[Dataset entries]
☆ ☆ ☆ ☆

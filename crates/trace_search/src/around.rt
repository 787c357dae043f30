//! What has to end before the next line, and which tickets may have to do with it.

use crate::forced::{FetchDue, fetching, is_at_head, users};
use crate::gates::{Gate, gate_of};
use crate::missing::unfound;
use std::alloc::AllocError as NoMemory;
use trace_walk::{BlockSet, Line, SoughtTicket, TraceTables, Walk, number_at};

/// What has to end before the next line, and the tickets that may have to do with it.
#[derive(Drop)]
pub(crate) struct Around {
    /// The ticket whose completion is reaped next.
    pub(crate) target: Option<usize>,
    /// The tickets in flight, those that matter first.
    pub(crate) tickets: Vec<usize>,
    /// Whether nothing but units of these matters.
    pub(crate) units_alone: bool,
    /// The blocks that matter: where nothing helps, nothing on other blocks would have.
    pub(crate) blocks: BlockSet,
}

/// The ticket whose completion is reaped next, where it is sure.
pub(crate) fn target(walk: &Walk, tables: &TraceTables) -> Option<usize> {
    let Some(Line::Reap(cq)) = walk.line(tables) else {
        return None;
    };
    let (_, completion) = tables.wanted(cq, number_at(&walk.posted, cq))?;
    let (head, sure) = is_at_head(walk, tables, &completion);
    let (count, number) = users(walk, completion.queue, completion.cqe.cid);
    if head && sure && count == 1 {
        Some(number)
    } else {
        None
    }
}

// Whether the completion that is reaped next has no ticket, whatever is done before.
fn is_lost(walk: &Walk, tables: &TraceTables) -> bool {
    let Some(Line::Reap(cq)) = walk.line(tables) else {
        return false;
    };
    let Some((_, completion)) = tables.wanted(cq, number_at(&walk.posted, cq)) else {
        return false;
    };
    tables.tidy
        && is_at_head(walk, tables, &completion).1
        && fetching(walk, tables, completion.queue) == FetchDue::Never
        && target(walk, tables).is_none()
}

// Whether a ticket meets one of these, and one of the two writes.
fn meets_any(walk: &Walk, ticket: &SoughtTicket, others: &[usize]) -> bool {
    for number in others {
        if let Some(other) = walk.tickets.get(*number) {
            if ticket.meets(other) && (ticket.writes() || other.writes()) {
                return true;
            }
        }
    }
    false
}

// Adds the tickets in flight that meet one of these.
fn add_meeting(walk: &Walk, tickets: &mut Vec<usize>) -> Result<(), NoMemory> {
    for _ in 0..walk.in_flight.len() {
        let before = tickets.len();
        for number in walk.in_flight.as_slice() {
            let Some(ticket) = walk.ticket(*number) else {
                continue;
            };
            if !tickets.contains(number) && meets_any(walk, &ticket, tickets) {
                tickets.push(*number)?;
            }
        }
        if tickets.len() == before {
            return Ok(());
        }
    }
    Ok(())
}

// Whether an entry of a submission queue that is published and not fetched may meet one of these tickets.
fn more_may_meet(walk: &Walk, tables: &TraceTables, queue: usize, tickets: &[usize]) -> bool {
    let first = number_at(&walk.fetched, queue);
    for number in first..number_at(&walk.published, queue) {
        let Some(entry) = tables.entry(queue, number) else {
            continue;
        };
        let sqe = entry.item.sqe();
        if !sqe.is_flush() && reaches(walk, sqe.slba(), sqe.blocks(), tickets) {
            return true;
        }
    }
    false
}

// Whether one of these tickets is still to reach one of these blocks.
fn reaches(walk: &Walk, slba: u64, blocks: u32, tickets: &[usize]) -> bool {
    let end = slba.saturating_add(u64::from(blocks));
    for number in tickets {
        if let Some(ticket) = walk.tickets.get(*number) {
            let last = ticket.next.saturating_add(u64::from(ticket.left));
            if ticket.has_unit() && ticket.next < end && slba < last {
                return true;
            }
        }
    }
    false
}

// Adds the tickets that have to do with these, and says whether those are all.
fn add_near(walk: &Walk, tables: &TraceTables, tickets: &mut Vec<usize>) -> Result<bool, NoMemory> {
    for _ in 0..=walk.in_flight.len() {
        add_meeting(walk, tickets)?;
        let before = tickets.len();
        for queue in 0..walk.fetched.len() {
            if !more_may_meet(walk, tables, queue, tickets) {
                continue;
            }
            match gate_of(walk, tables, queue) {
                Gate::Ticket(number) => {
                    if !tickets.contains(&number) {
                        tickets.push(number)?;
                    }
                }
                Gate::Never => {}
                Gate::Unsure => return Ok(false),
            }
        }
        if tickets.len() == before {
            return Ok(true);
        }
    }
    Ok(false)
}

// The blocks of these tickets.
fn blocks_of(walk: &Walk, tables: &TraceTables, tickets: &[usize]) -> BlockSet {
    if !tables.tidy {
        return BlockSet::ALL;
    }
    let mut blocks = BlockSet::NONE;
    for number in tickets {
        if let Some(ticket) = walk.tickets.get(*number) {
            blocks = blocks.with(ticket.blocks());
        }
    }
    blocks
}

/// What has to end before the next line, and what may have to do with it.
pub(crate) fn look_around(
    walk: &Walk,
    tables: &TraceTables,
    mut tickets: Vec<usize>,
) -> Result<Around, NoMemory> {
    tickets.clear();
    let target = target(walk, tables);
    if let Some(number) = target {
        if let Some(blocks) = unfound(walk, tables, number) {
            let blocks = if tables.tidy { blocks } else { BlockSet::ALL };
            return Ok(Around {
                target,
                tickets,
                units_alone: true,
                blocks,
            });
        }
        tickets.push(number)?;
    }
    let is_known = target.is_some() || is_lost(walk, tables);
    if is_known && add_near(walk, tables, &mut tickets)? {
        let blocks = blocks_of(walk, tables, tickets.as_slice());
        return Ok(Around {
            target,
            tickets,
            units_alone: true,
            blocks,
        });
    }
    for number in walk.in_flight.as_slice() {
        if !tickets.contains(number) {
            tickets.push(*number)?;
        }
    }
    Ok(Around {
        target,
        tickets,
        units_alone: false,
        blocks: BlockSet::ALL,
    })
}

☆ ☆ ☆ ☆

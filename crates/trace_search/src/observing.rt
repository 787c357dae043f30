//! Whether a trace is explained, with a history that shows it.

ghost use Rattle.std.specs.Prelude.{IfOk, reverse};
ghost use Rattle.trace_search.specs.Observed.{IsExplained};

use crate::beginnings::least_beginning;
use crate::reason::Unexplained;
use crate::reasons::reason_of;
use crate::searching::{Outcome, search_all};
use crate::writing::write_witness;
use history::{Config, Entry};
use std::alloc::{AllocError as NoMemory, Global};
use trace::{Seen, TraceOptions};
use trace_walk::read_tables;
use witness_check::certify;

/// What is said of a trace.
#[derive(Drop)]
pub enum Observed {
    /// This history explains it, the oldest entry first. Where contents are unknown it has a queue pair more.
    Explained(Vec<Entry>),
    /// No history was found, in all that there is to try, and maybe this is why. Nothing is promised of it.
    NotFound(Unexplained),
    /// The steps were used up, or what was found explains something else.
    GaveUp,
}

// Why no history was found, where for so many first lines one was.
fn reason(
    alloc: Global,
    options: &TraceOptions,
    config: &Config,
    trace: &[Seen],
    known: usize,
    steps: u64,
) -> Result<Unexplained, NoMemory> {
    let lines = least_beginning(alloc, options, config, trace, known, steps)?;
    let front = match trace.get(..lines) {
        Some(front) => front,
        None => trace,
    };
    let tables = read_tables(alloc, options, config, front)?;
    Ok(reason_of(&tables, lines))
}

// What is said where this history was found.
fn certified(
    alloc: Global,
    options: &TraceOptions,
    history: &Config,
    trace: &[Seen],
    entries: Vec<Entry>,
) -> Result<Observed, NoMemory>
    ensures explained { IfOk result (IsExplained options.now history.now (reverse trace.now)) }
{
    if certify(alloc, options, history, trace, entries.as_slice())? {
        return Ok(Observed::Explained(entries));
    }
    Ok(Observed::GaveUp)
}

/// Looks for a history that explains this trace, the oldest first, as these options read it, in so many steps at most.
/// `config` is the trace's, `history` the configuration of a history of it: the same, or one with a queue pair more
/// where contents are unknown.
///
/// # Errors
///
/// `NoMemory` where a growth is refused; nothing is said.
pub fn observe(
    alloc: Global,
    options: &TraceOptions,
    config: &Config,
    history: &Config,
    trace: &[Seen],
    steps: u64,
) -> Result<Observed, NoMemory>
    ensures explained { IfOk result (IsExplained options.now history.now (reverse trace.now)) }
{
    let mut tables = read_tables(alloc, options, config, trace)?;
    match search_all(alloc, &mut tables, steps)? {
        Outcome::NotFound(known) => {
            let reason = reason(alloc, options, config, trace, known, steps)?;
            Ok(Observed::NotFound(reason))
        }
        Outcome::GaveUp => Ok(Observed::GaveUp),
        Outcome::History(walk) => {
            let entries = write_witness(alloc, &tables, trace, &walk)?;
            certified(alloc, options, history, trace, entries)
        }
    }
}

☆ ☆ ☆ ☆

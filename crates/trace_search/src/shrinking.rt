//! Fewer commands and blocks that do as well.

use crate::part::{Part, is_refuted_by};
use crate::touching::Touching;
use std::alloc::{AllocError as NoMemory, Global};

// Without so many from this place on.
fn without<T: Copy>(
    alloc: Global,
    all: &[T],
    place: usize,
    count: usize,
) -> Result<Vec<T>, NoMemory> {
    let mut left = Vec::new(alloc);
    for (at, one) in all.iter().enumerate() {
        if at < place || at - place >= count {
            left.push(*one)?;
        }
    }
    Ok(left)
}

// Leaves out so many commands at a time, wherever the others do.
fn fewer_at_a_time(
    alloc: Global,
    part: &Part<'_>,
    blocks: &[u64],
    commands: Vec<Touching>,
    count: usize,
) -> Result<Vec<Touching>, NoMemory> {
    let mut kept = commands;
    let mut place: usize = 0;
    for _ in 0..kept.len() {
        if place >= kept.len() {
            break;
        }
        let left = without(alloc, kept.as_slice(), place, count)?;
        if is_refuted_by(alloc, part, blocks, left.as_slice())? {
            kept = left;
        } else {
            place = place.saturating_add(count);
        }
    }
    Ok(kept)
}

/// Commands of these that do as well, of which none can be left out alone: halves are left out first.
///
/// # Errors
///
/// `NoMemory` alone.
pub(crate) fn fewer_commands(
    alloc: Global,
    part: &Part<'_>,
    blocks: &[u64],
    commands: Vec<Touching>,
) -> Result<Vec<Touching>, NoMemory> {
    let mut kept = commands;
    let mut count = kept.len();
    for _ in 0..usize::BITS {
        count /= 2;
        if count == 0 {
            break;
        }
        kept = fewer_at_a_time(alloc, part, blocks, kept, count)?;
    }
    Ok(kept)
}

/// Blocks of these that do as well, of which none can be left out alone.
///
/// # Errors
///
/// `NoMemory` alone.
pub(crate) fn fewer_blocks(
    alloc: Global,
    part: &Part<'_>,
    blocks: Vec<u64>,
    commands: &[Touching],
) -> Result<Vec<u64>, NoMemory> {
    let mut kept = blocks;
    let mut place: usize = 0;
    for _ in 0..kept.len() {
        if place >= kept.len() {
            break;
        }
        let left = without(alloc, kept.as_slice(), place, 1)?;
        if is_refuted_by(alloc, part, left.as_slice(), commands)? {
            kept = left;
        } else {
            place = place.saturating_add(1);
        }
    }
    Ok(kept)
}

☆ ☆ ☆ ☆

▸ **Directions for this task**:
All that belongs in your answer is the stretch of entries above from the line with "for (at, one)" through the line with "-> Result<Vec<u64>, NoMemory>", printed exactly.

▸ **Solution below**:
    for (at, one) in all.iter().enumerate() {
        if at < place || at - place >= count {
            left.push(*one)?;
        }
    }
    Ok(left)
}

// Leaves out so many commands at a time, wherever the others do.
fn fewer_at_a_time(
    alloc: Global,
    part: &Part<'_>,
    blocks: &[u64],
    commands: Vec<Touching>,
    count: usize,
) -> Result<Vec<Touching>, NoMemory> {
    let mut kept = commands;
    let mut place: usize = 0;
    for _ in 0..kept.len() {
        if place >= kept.len() {
            break;
        }
        let left = without(alloc, kept.as_slice(), place, count)?;
        if is_refuted_by(alloc, part, blocks, left.as_slice())? {
            kept = left;
        } else {
            place = place.saturating_add(count);
        }
    }
    Ok(kept)
}

/// Commands of these that do as well, of which none can be left out alone: halves are left out first.
///
/// # Errors
///
/// `NoMemory` alone.
pub(crate) fn fewer_commands(
    alloc: Global,
    part: &Part<'_>,
    blocks: &[u64],
    commands: Vec<Touching>,
) -> Result<Vec<Touching>, NoMemory> {
    let mut kept = commands;
    let mut count = kept.len();
    for _ in 0..usize::BITS {
        count /= 2;
        if count == 0 {
            break;
        }
        kept = fewer_at_a_time(alloc, part, blocks, kept, count)?;
    }
    Ok(kept)
}

/// Blocks of these that do as well, of which none can be left out alone.
///
/// # Errors
///
/// `NoMemory` alone.
pub(crate) fn fewer_blocks(
    alloc: Global,
    part: &Part<'_>,
    blocks: Vec<u64>,
    commands: &[Touching],
) -> Result<Vec<u64>, NoMemory> {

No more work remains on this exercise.